Pour examiner s’il existe ou non une situation discriminatoire, les juges de Strasbourg rappellent que « seules les différences de traitement fondées sur une caractéristique identifiable (« situation ») sont susceptibles de revêtir un caractère discriminatoire aux fins de l’article 14 de la Convention. En outre, pour qu’un problème se pose au regard de cette disposition, il doit y avoir une différence dans le traitement de personnes placées dans des situations analogues ou comparables »(2).
Or, pour les juges, les salariés victimes d’un accident du travail ou d’une maladie professionnelle causé par la faute de l’employeur ne se trouvent pas dans des situations analogues ou comparables à des victimes de dommages corporels ou d’atteintes à la santé causés par la faute d’une personne qui n’est pas leur employeur. En effet, le régime spécifique de responsabilité en cas d’accident du travail ou de maladie professionnelle est différent du régime de droit commun (issu du Code civil) car « il ne repose pas sur la preuve d’une faute et d’un lien de causalité entre celle-ci et le dommage causé, et sur l’intervention d’un juge, mais repose sur la solidarité et l’automaticité »(3). De plus, la réparation du préjudice causé par la faute inexcusable de l’employeur intervient « en complément de dédommagements automatiquement perçus par la victime, ce qui singularise là aussi la situation par rapport à la situation de droit commun »(4).
Par conséquent, la situation d’un salarié victime d’un accident du travail ou d’une maladie professionnelle étant différente de celle d’une personne victime d’un dommage qui se produit dans un autre contexte, il n’y a pas eu de discrimination, et donc pas de violation de la Convention européenne des droits de l’HommeLa décision rendue par la Cour européenne des droits de l’Homme ne nous semble pas surprenante.
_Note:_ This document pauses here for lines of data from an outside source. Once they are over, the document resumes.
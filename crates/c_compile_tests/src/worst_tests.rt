//! Runs in which every parcel is held for three cycles, and every guess is of exit 7, or every one of exit 0.
ghost use Rattle.std.specs.Prelude.{◌≡◌, [], IfOk};
ghost use Rattle.grid_machine.specs.inside.WholeRuns.{IsKept};
ghost use Rattle.grid_parts.specs.Seen.{seen};

use crate::predictors::predictor;
use block_check::CheckedImage;
use c_compile::compile;
use grid_machine::{GridWindow, cost, make, run};
use grid_parts::Grid;
use grid_place::Placing;
use operand_net::Worst;
use std::alloc::{AllocError, Global};
use std::process::Abort;
use std::test::Fail;
use trips_isa::Ending;

const POWERS: &str = "long a[9]; int main(void) { int i; a[0] = 1;
for (i = 1; i < 9; i++) a[i] = a[i - 1] * 2; return (int) a[8]; }";

const SEVEN: &str = "int main(void) { return 7; }";

// How many blocks a run may commit.
const BUDGET: u32 = 1000;

// The image of a text.
fn image(rt: &impl Abort, alloc: Global, text: &str) -> Result<CheckedImage, Fail> {
    let bytes = text.as_bytes();
    assert!(rt; bytes.len() < 4_294_967_295, "a short text");
    match compile(alloc, bytes, Placing::Greedy) {
        Ok(image) => Ok(image),
        Err(_) => Err(Fail::from(AllocError)),
    }
}

// The grid of a text at its start.
fn begun(
    rt: &impl Abort,
    alloc: Global,
    text: &str,
    exit: u8,
) -> Result<Grid<GridWindow, Worst>, Fail>
    ensures kept { IfOk result (λ g. IsKept g.window.budget (seen g.window.window g.state)) }
{
    let image = image(rt, alloc, text)?;
    let predictor = predictor(alloc, exit)?;
    match make(alloc, image, Vec::new(alloc), predictor, Worst, BUDGET) {
        Ok(grid) => Ok(grid),
        Err(memory) => Err(Fail::from(memory)),
    }
}

/// A text, the exit that each guess is of, and the word of register 3 at the end of its run.
type Row = (&'static str, u8, u64);

// The programs of one block after another, and of a loop over an array.
const ROWS: &[Row] = &[
    (SEVEN, 7, 7),
    (SEVEN, 0, 7),
    (POWERS, 7, 256),
    (POWERS, 0, 256),
];

fn assert_row(rt: &impl Abort, alloc: Global, row: &Row) -> Result<(), Fail> {
    let (text, exit, result) = *row;
    let mut grid = begun(rt, alloc, text, exit)?;
    assert!(rt; grid.state.counts.cycles == 0, "no cycle was made");
    let ending = run(&mut grid);
    assert!(rt; ending == Some(Ending::Ended), "{result}: {ending:?}");
    assert_eq!(rt; grid.window.arch().register(3), result, "register 3");
    let trace = grid.window.arch().trace();
    assert!(rt; trace.len() < 4_294_967_296, "a short trace");
    let bound = cost(grid.window.window().image(), trace);
    assert!(rt;
        grid.state.counts.cycles <= bound,
        "{result}: within the cost"
    );
    let Grid {
        window: _window,
        state: _state,
    } = grid;
    Ok(())
}

fn assert_rows(rt: &impl Abort, alloc: Global, rows: &[Row]) -> Result<(), Fail> {
    for row in rows {
        assert_row(rt, alloc, row)?;
    }
    Ok(())
}

#[test]
fn the_worst_weather_keeps_the_bound(rt: HostRuntime) -> Result<(), Fail> {
    assert_rows(&rt, rt.alloc(), ROWS)
}
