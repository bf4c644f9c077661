//! Predictors that are no help.
ghost use Rattle.std.specs.Prelude.{◌≡◌, [], IfOk};

use block_predict::Predictor;
use std::alloc::Global;
use std::test::Fail;

/// A predictor whose entries all name one exit.
pub fn predictor(alloc: Global, exit: u8) -> Result<Predictor, Fail>
    ensures { IfOk result (λ p. p.stack ≡ []) }
{
    let entries = vec![in alloc; exit; 1024]?;
    match Predictor::wrong(alloc, entries) {
        Ok(predictor) => Ok(predictor),
        Err(memory) => Err(Fail::from(memory)),
    }
}
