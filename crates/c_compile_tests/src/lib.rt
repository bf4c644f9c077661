//! What the images of texts hold, and how compiled programs run on the grid in the slowest weather, with a predictor
//! that is no help: all as tests.
#![tactic(auto)]

#[cfg(test)]
mod image_tests;
#[cfg(test)]
mod predictors;
#[cfg(test)]
mod room_tests;
#[cfg(test)]
mod text_tests;
#[cfg(test)]
mod worst_tests;
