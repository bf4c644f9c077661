//! Guards and nulls in the images of texts.

use c_compile::compile;
use grid_place::Placing;
use std::alloc::Global;
use std::process::Abort;
use trips_isa::{Block, Form, Inst, Op, Sense, form_of};

/// How many nulls there are, and how many instructions with a guard that are no branches.
#[derive(Clone, Copy)]
struct Found {
    nulls: u32,
    guarded: u32,
}

fn add_inst(found: &mut Found, inst: &Inst) {
    if inst.op == Op::Null {
        found.nulls = found.nulls.saturating_add(1);
    }
    if inst.sense != Sense::Always && form_of(inst.op) != Form::Branch {
        found.guarded = found.guarded.saturating_add(1);
    }
}

fn add_block(found: &mut Found, block: &Block) {
    for slot in block.insts.as_slice() {
        match slot {
            None => {}
            Some(inst) => add_inst(found, inst),
        }
    }
}

/// What the image of a text holds; none where the text is refused.
fn found_in(alloc: Global, text: &str) -> Option<Found> {
    let bytes = text.as_bytes();
    if bytes.len() >= 4_294_967_295 {
        return None;
    }
    let Ok(checked) = compile(alloc, bytes, Placing::Greedy) else {
        return None;
    };
    let Ok(image) = checked.copy_out(alloc) else {
        return None;
    };
    let mut found = Found {
        nulls: 0,
        guarded: 0,
    };
    for block in image.blocks.as_slice() {
        add_block(&mut found, block);
    }
    Some(found)
}

// A text, and whether its image must hold a null and a guarded instruction.
type Row = (&'static str, bool, bool);

// Where one leg alone sets a variable that was set before, the other leg's write is a null.
const ROWS: &[Row] = &[
    (
        "#include <stdio.h>\nint main(void) { int x = 5; int c = getchar(); if (c < 0) x = 7; getchar(); return x; }",
        true,
        true,
    ),
    (
        "int a[2]; int main(void) { int i = 1; if (i) a[i] = 3; return a[1]; }",
        true,
        true,
    ),
    // behind a return
    (
        "int main(void) { int x = 5; return x; if (x) x = 7; }",
        true,
        true,
    ),
    ("int main(void) { return 7; }", false, false),
];

fn assert_rows(rt: &impl Abort, alloc: Global, rows: &[Row]) {
    for (text, nulls, guarded) in rows {
        let found = found_in(alloc, *text);
        assert!(rt; found.is_some(), "{text}");
        if let Some(found) = found {
            assert!(rt; (found.nulls > 0) == *nulls, "nulls of {text}");
            assert!(rt; (found.guarded > 0) == *guarded, "guards of {text}");
        }
    }
}

#[test]
fn ifs_become_guards_and_nulls(rt: HostRuntime) {
    assert_rows(&rt, rt.alloc(), ROWS);
}
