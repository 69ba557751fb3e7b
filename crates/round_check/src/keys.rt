//! What each key names.

ghost use Rattle.std.specs.Prelude.{◌≡◌, IfOk};
ghost use Rattle.round_check.specs.Tables.{unbound_keys};

use crate::table::Table;
use std::alloc::{AllocError, Global};

/// A block, with so many pages of its accounted size left.
#[derive(Clone, Copy, Debug, PartialEq, Eq)]
pub struct Block {
    pub order: u32,
    pub pages: u32,
    pub trimmed: bool,
}

/// What a key is bound to.
#[derive(Clone, Copy, Debug, PartialEq, Eq)]
pub enum Bound {
    Object,
    Block(Block),
}

/// What a key is bound to, and the round and the CPU of the last line that named it.
#[derive(Clone, Copy, Debug, PartialEq, Eq)]
pub struct KeyState {
    pub bound: Option<Bound>,
    pub round: u32,
    pub cpu: u32,
}

/// The round and the CPU of a line.
#[derive(Clone, Copy, Debug, PartialEq, Eq)]
pub struct Turn {
    pub round: u32,
    pub cpu: u32,
}

/// One more than the greatest key.
pub(crate) const KEY_COUNT: usize = 65_536;

/// The states of all keys, by key.
pub type KeyTable = Table<KeyState, KEY_COUNT>;

/// No key is bound.
#[tactic(auto, unfolding(crate::specs::Tables::unbound_keys))]
pub(crate) fn unbound_keys(alloc: Global) -> Result<KeyTable, AllocError>
    ensures { IfOk result (λ keys. keys ≡ unbound_keys 65536) }
{
    Table::of(
        alloc,
        KeyState {
            bound: None,
            round: 0,
            cpu: 0,
        },
    )
}
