//! The check of a trace's rounds.
#![tactic(auto)]

mod cpus;
mod key_checks;
mod keys;
mod laws;
mod modules;
mod table;
mod walk;

pub use laws::{refusals_in_order, refusals_of_a_line_in_order, rounds_that_passed};
pub use walk::check_rounds;

#[cfg(test)]
mod tests;
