//! The hooks of each CPU, and the modules that it is inside.

ghost use Rattle.std.specs.Prelude.{◌≡◌, ◌==◌, ◌<◌, not, length, slice_set, take, vec_len, IfOk, OnOk, ◌-◌, ◌++◌, ◌∷◌, [], count_by};
ghost use Rattle.std.specs.List.{filter, list_any};
ghost use Rattle.round_check.specs.Cpus.{idle, idle_cpus, cpu_at, is_inside};

use std::alloc::{AllocError, Global};
use std::marker::Model;

/// The sections of the tags of the hooks that are out, the last one at the end, and those of the modules that the
/// CPU is inside.
#[derive(Debug, Drop)]
pub(crate) struct CpuLists {
    hooks: Vec<u32>,
    inside: Vec<u32>,
}

impl Model for CpuLists {
    ghost use Rattle.round_check.specs.CpuState.{CpuState};

    ghost Value = { CpuState };

    ghost view = { λ lists. record { hooks = lists.hooks.items; inside = lists.inside.items } };
}

fn remove_all(sections: &mut Vec<u32>, section: u32)
    ensures { sections.new.items ≡ filter (λ other. not (other == section)) sections.old.items }
{
    sections.retain(|other| *other != section);
}

impl CpuLists {
    fn new(alloc: Global) -> CpuLists
        ensures { result ≡ idle }
    {
        CpuLists {
            hooks: Vec::new(alloc),
            inside: Vec::new(alloc),
        }
    }

    fn hook(&mut self, section: u32) -> Result<(), AllocError>
        ensures { OnOk result (self.new ≡ record self.old { hooks = self.old.hooks ++ section ∷ [] }) }
    {
        self.hooks.push(section)?;
        Ok(())
    }

    fn unhook(&mut self)
        ensures { self.new ≡ record self.old { hooks = take (length self.old.hooks - 1) self.old.hooks } }
    {
        let _last = self.hooks.pop();
    }

    fn enter(&mut self, section: u32) -> Result<(), AllocError>
        ensures { OnOk result (self.new ≡ record self.old { inside = self.old.inside ++ section ∷ [] }) }
    {
        self.inside.push(section)?;
        Ok(())
    }

    fn leave(&mut self, section: u32)
        ensures { self.new ≡ record self.old { inside = filter (λ other. not (other == section)) self.old.inside } }
    {
        remove_all(&mut self.inside, section);
    }

    fn hooks_out(&self) -> usize
        ensures { result ≡ length self.now.hooks }
    {
        self.hooks.len()
    }

    fn is_hooked(&self, section: u32) -> bool
        ensures { result ≡ list_any (λ other. other == section) self.now.hooks }
    {
        self.hooks.iter().any(|other| *other == section)
    }

    fn is_inside(&self, section: u32) -> bool
        ensures { result ≡ is_inside section self.now }
    {
        self.inside.iter().any(|other| *other == section)
    }
}

/// The most CPUs.
pub(crate) const CPU_COUNT: usize = 64;

/// The states of all CPUs, by CPU.
#[derive(Debug, Drop)]
pub struct CpuTable {
    cpus: Vec<CpuLists>,
}

impl Model for CpuTable {
    ghost use Rattle.std.specs.Prelude.{◌≡◌, List, vec_len};
    ghost use Rattle.round_check.specs.CpuState.{CpuState};

    ghost Value = { List CpuState };

    ghost view = { λ table. table.cpus.items };

    ghost invariant = { λ table. vec_len table.cpus ≡ 64 };
}

#[tactic(auto, unfolding(crate::specs::Cpus::idle_cpus))]
fn idle_cpus(alloc: Global, count: usize) -> Result<Vec<CpuLists>, AllocError>
    ensures items { IfOk result (λ cpus. cpus.items ≡ idle_cpus count) }
    ensures len { IfOk result (λ cpus. vec_len cpus ≡ count) }
{
    let mut cpus = Vec::new(alloc);
    for _ in 0..count {
        cpus.push(CpuLists::new(alloc))?;
    }
    Ok(cpus)
}

impl CpuTable {
    /// No hook is out, and no CPU is inside a module.
    pub(crate) fn new(alloc: Global) -> Result<CpuTable, AllocError>
        ensures { IfOk result (λ table. table ≡ idle_cpus 64) }
    {
        Ok(CpuTable {
            cpus: idle_cpus(alloc, CPU_COUNT)?,
        })
    }

    pub(crate) fn hook(&mut self, cpu: u32, section: u32) -> Result<(), AllocError>
        requires { cpu < 64 }
        ensures { OnOk result (self.new ≡ slice_set self.old cpu (record (cpu_at self.old cpu) { hooks = (cpu_at self.old cpu).hooks ++ section ∷ [] })) }
    {
        let lists = &mut self.cpus[cpu as usize];
        lists.hook(section)
    }

    pub(crate) fn unhook(&mut self, cpu: u32)
        requires { cpu < 64 }
        ensures { self.new ≡ slice_set self.old cpu (record (cpu_at self.old cpu) { hooks = take (length (cpu_at self.old cpu).hooks - 1) (cpu_at self.old cpu).hooks }) }
    {
        let lists = &mut self.cpus[cpu as usize];
        lists.unhook();
    }

    pub(crate) fn enter(&mut self, cpu: u32, section: u32) -> Result<(), AllocError>
        requires { cpu < 64 }
        ensures { OnOk result (self.new ≡ slice_set self.old cpu (record (cpu_at self.old cpu) { inside = (cpu_at self.old cpu).inside ++ section ∷ [] })) }
    {
        let lists = &mut self.cpus[cpu as usize];
        lists.enter(section)
    }

    pub(crate) fn leave(&mut self, cpu: u32, section: u32)
        requires { cpu < 64 }
        ensures { self.new ≡ slice_set self.old cpu (record (cpu_at self.old cpu) { inside = filter (λ other. not (other == section)) (cpu_at self.old cpu).inside }) }
    {
        let lists = &mut self.cpus[cpu as usize];
        lists.leave(section);
    }

    pub(crate) fn hooks_out(&self, cpu: u32) -> usize
        requires { cpu < 64 }
        ensures { result ≡ length (cpu_at self.now cpu).hooks }
    {
        let lists = &self.cpus[cpu as usize];
        lists.hooks_out()
    }

    pub(crate) fn is_hooked(&self, cpu: u32, section: u32) -> bool
        requires { cpu < 64 }
        ensures { result ≡ list_any (λ other. other == section) (cpu_at self.now cpu).hooks }
    {
        let lists = &self.cpus[cpu as usize];
        lists.is_hooked(section)
    }

    pub(crate) fn is_inside(&self, cpu: u32, section: u32) -> bool
        requires { cpu < 64 }
        ensures { result ≡ is_inside section (cpu_at self.now cpu) }
    {
        let lists = &self.cpus[cpu as usize];
        lists.is_inside(section)
    }

    /// How many CPUs are inside a module.
    pub(crate) fn users(&self, section: u32) -> u32
        ensures { result ≡ count_by (is_inside section) self.now }
    {
        self.cpus
            .iter()
            .filter(|lists| lists.is_inside(section))
            .count() as u32
    }
}
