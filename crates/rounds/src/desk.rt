//! What a run stands on between two items of a trace.

use reclaim::Locked;
use round_keys::KeyStore;
use round_worker::Worker;
use std::alloc::Global;
use std::sync::Arc;
use tag_rule::{CpuSeat, LoadPass};
use tag_section::Sections;

/// All tokens of a table, dealt to the workers of a trace.
#[derive(Drop)]
pub struct Desk {
    pub(crate) alloc: Global,
    /// All CPUs of the table.
    pub(crate) cpus: Vec<CpuSeat>,
    /// Those of the trace.
    pub(crate) workers: Vec<Worker>,
    pub(crate) keys: KeyStore,
    pub(crate) locked: Locked,
    pub(crate) pass: LoadPass,
    pub(crate) sections: Arc<Sections, Global>,
    /// How many tags the area of modules has.
    pub(crate) tags: u32,
}
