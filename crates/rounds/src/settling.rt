//! A round ends: keys come back, and the book is what is known.

ghost use Rattle.std.specs.List.{list_any};
ghost use Rattle.std.specs.Prelude.{◌≡◌, All, IfOk, true, ℕ};
ghost use Rattle.module_area.specs.Entries.{is_dead};
ghost use Rattle.module_area.specs.declared.entry.Entry.{Entry};
ghost use Rattle.round_keys.specs.Stored.{IsCovered};
ghost use Rattle.round_worker.specs.Parting.{AreKept};
ghost use Rattle.round_worker.specs.declared.keys.Kept as stored;
ghost use Rattle.trace_play.specs.Barrier.{round_done};
ghost use Rattle.rounds.specs.Turns.{Begins, IsAt, IsFirst, IsTurned, StandsAt, Turn, first};

use crate::Desk;
use crate::turning::Turned;
use module_area::{Entry, State};
use reclaim::Locked;
use round_keys::KeyStore;
use round_modules::end;
use round_worker::Gate;
use std::alloc::AllocError;
use std::sync::{Arc, Wait};
use std::thread::Threads;
use trace::OnOp;

impl Turned {
    /// The keys come back, the CPUs go out of the modules, and ranges go that nothing names.
    pub(crate) fn settle(self) -> Result<Desk, AllocError>
        requires { IsAt IsTurned self }
        ensures { (t : Turn) → IsTurned t self → IfOk result (StandsAt t.board t.trace (round_done t.ops (first t))) }
    {
        let Turned { mut desk, known } = self;
        let inside = desk.workers.len();
        let shared = Arc::try_clone(&desk.sections)?;
        desk.keys.take_back(desk.workers.as_mut_slice())?;
        meet_dead(&mut desk.keys, &mut desk.locked, known.as_slice());
        end(
            &mut desk.locked,
            &mut desk.pass,
            desk.cpus.as_mut_slice(),
            inside,
            known.as_slice(),
            shared,
            desk.tags,
        );
        Ok(desk)
    }
}

impl Desk {
    /// A round: each CPU's worker takes its ops beside the others, and then the barrier.
    pub fn round<R: Threads + Wait + Sync, G: Gate + Sync>(
        self,
        rt: &R,
        gate: &G,
        ops: &[OnOp],
    ) -> Result<Desk, AllocError>
        requires { Begins ops.now self }
        ensures { (t : Turn) → t.ops ≡ ops.now → IsFirst t self → IfOk result (StandsAt t.board t.trace (round_done t.ops (first t))) }
    {
        let dealt = self.deal(ops)?;
        let turned = dealt.turn(rt, gate)?;
        turned.settle()
    }
}

// Where a module is dead, each counted cell meets the list.
fn meet_dead(keys: &mut KeyStore, locked: &mut Locked, known: &[Entry])
    requires kept { AreKept locked.old.board keys.old }
    ensures same { (keys.new ≡ keys.old) × (locked.new ≡ locked.old) }
    ensures covered { list_any (λ (e : Entry). is_dead e.state) known.now ≡ true → All (λ (entry : ℕ × stored.Kept). IsCovered locked.old entry.1) keys.old }
{
    if has_dead(known) {
        keys.meet(locked);
    }
}

// Whether one of the modules is dead.
fn has_dead(known: &[Entry]) -> bool
    ensures { result ≡ list_any (λ (e : Entry). is_dead e.state) known.now }
{
    known.iter().any(|entry| is_dead(entry.state))
}

pub(crate) fn is_dead(state: State) -> bool
    ensures { result ≡ is_dead state }
{
    match state {
        State::Loaded => false,
        State::Dead => true,
    }
}
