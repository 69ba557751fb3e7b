//! Runs a trace: round after round, each with one thread for each CPU that has ops in it.
#![tactic(auto)]

mod beginning;
mod dealing;
mod desk;
mod ending;
mod loading;
mod printing;
mod settling;
mod turning;

pub use desk::Desk;
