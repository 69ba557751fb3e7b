//! The modules of the machine: who is inside which, the module list, and what the manager does.

ghost use Rattle.std.specs.Prelude.{ℕ, ◌≡◌, ◌+◌, ◌*◌, ◌∷◌, List, ◌<◌, ◌≤◌, ◌↔◌, [], IsTrue, length, min, replicate, IfOk, OnOk, OnErr, MatchOption, drop, false};
ghost use Rattle.tag_model.specs.Shape.{IsChecked};
ghost use Rattle.tag_section.specs.Section.{Section, tags_in};
ghost use Rattle.module_area.specs.Entries.{entry_of};
ghost use Rattle.core_list.specs.ListState.{IsList, loaded_entry, load_refusal, loaded, swept_list, next_of, run_of, section_in, start_in};
ghost use Rattle.cpu_ops.specs.declared.op.TheConstants.{MAX_QUEUED};
ghost use Rattle.module_ops.specs.declared.op.ManagerOp.{ManagerOp};
ghost use Rattle.module_ops.specs.Modules.{inside_at, scene_at, modules_after, manager_refusal, manager_first, unload_refused, begins_op, unloads, swept_on, sweep_goes, event_of_sweep, managed, managed_times, manager_event, read_over, reads_next, words_ahead, TellNothing, word_in, word_read, load_refused, cause_of, kept_by, ListFits, CanManage, IsManagerOp, fresh_modules, with_managed, words_at};

use crate::event::{Cause, Event};
use crate::op::ManagerOp;
use core_list::{CoreList, Next};
use cpu_ops::{CpuWords, Inside, MAX_QUEUED, QueueError, Scene, StepRefused, WordStep};
use module_area::{AreaError, Entry};
use std::alloc::{AllocError, Global};
use std::collections::VecDeque;
use std::marker::Model;
use tag_model::{Kind, Reader, Run, Shape, Stop};
use tag_section::Sections;

/// The modules, by CPU and section, with their list, the manager's ops in order, and whether the first of these is under
/// way: then the manager holds the list.
#[derive(Drop)]
pub struct ModuleTable {
    inside: Vec<Inside>,
    list: CoreList,
    ops: VecDeque<ManagerOp>,
    under_way: bool,
}

impl Model for ModuleTable {
    ghost use Rattle.module_ops.specs.Modules.{ModuleTable};

    ghost Value = { ModuleTable };

    ghost view = { λ m. record { inside = m.inside.items; list = m.list; manager = record { ops = m.ops.items; under_way = m.under_way } } };
}

fn no_runs(alloc: Global, cpus: u32, sections: u32) -> Result<Vec<Inside>, AllocError>
    ensures { IfOk result (λ v. v.items ≡ replicate cpus (replicate sections None)) }
{
    let mut inside = Vec::with_capacity(alloc, cpus as usize)?;
    for _cpu in 0..cpus {
        inside.push(Inside::new(alloc, sections)?)?;
    }
    Ok(inside)
}

/// A run on the module of an entry.
fn run_on(entry: Entry) -> Run
    ensures { result ≡ run_of entry }
{
    Run {
        id: entry.id,
        section: entry.section,
        start: entry.start,
        length: entry.length,
    }
}

/// A CPU's word of a kind for a tag.
fn word_in(words: &[CpuWords], cpu: u32, kind: Kind, tag: u32) -> u64
    requires cpu { cpu < length words.now }
    requires tag { 2 * tag + 1 < length (words_at words.now cpu) }
    ensures { result ≡ word_in words.now cpu kind tag }
{
    words[cpu as usize].read(kind, tag)
}

/// The word that a sweep reads next.
fn word_read(words: &[CpuWords], reader: Reader) -> u64
    requires cpu { reader.cpu < length words.now }
    requires tag { 2 * reader.tag + 1 < length (words_at words.now reader.cpu) }
    ensures { result ≡ word_read words.now reader }
{
    word_in(words, reader.cpu, reader.pass, reader.tag)
}

/// The reader after so many reads, CPU by CPU.
fn read_over(words: &[CpuWords], reader: Reader, count: u32) -> Reader
    requires cpus { reader.cpu + count ≤ length words.now }
    requires few { length words.now ≤ 64 }
    requires tags { (cpu : ℕ) → cpu < length words.now → 2 * reader.tag + 1 < length (words_at words.now cpu) }
    ensures { result ≡ read_over words.now count reader }
{
    let end = reader.cpu + count;
    let mut sum = reader.sum;
    for cpu in reader.cpu..end {
        sum = sum.wrapping_add(word_in(words, cpu, reader.pass, reader.tag));
    }
    Reader {
        cpu: end,
        sum,
        ..reader
    }
}

/// Why a load is refused.
fn load_refused(section: u32, why: AreaError) -> StepRefused
    ensures { result ≡ load_refused section why }
{
    match why {
        AreaError::SameName => StepRefused::AlreadyLoaded(section),
        AreaError::BookFull => StepRefused::Full,
        AreaError::NoRoom => StepRefused::NoRoom,
        AreaError::NoSection => StepRefused::NotLoaded(section),
    }
}

/// Which op a sweep is of.
fn cause_of(op: ManagerOp) -> Cause
    ensures { (ops : List ManagerOp) → result ≡ cause_of (op ∷ ops) }
{
    match op {
        ManagerOp::Unload { .. } => Cause::Unload,
        _ => Cause::Clean,
    }
}
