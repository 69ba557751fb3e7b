//! What the manager of modules does.

/// What the manager does, in several steps.
#[derive(Clone, Copy, Debug, PartialEq, Eq)]
pub enum ManagerOp {
    /// A section is loaded as a module.
    Load { section: u32 },
    /// A section's module is marked dead, and swept.
    Unload { section: u32 },
    /// All dead modules are swept.
    Clean,
}
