//! A run ends: what its last line says, and what it leaves.

ghost use Rattle.std.specs.Prelude.{◌≡◌, count_by, length};
ghost use Rattle.module_area.specs.Entries.{is_dead};
ghost use Rattle.module_area.specs.declared.entry.Entry.{Entry};
ghost use Rattle.reclaim.specs.State.{IsLocked};
ghost use Rattle.trace_play.specs.Machine.{live_count};
ghost use Rattle.trace_play.specs.Printed.{dead_of};
ghost use Rattle.rounds.specs.Places.{IsSomewhere, IsThere, Place, machine_at};

use crate::Desk;
use crate::settling::is_dead;
use plant::Left;
use reclaim::Locked;
use run_text::Done;
use tag_rule::CpuSeat;

impl Desk {
    /// What the last line says here, of a run of so many rounds and ops.
    pub fn numbers(&self, rounds: u64, ops: u64) -> Done
        requires { IsSomewhere self.now }
        ensures { (p : Place) → IsThere p self.now → result ≡ record {
          rounds = rounds;
          ops = ops;
          failed = (machine_at p).tally.failed;
          uncounted = (machine_at p).tally.uncounted;
          live = live_count (machine_at p);
          kept = length (dead_of (machine_at p));
        } }
    {
        let workers = self.workers.as_slice();
        Done {
            rounds,
            ops,
            failed: workers.iter().map(|worker| worker.failed()).sum(),
            uncounted: workers.iter().map(|worker| worker.uncounted()).sum(),
            live: self.keys.counted() + workers.iter().map(|worker| worker.slabs()).sum::<u64>(),
            kept: kept_in(&self.locked),
        }
    }

    /// Gives back the CPUs of the table, and what stands beside them.
    pub fn into_left(self) -> (Vec<CpuSeat>, Left)
        ensures cpus { result.0.items ≡ self.cpus.items }
        ensures left { result.1 ≡ record { workers = self.workers; keys = self.keys; locked = self.locked } }
        ensures locked { IsLocked self.locked }
    {
        let Desk {
            cpus,
            workers,
            keys,
            locked,
            ..
        } = self;
        locked.tell();
        let left = Left {
            workers,
            keys,
            locked,
        };
        (cpus, left)
    }
}

// How many ranges are kept.
fn kept_in(locked: &Locked) -> u64
    ensures { result ≡ count_by (λ (e : Entry). is_dead e.state) locked.now.area.entries }
{
    let book = locked.book();
    let mut kept: u64 = 0;
    for place in 0..book.count() {
        kept += u64::from(is_dead(book.at(place).state));
    }
    kept
}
En effet, les deux régimes de responsabilité (de droit commun et spécifique en cas d’AT/MP) ne sont pas les mêmes. La victime salariée sera systématiquement indemnisée (par l’allocation d’un capital ou d’une rente) dès lors que l’accident ou la maladie a été reconnue d’origine professionnelle. Elle pourra également recevoir une réparation complémentaire en cas de faute inexcusable de l’employeur.
________________________________________(1) Art. L.452-3 du Code de la Sécurité sociale.(2) Paragraphe 51 de l’arrêt.(3) Paragraphe 61 de l’arrêt.(4) Paragraphe 63 de l’arrêt.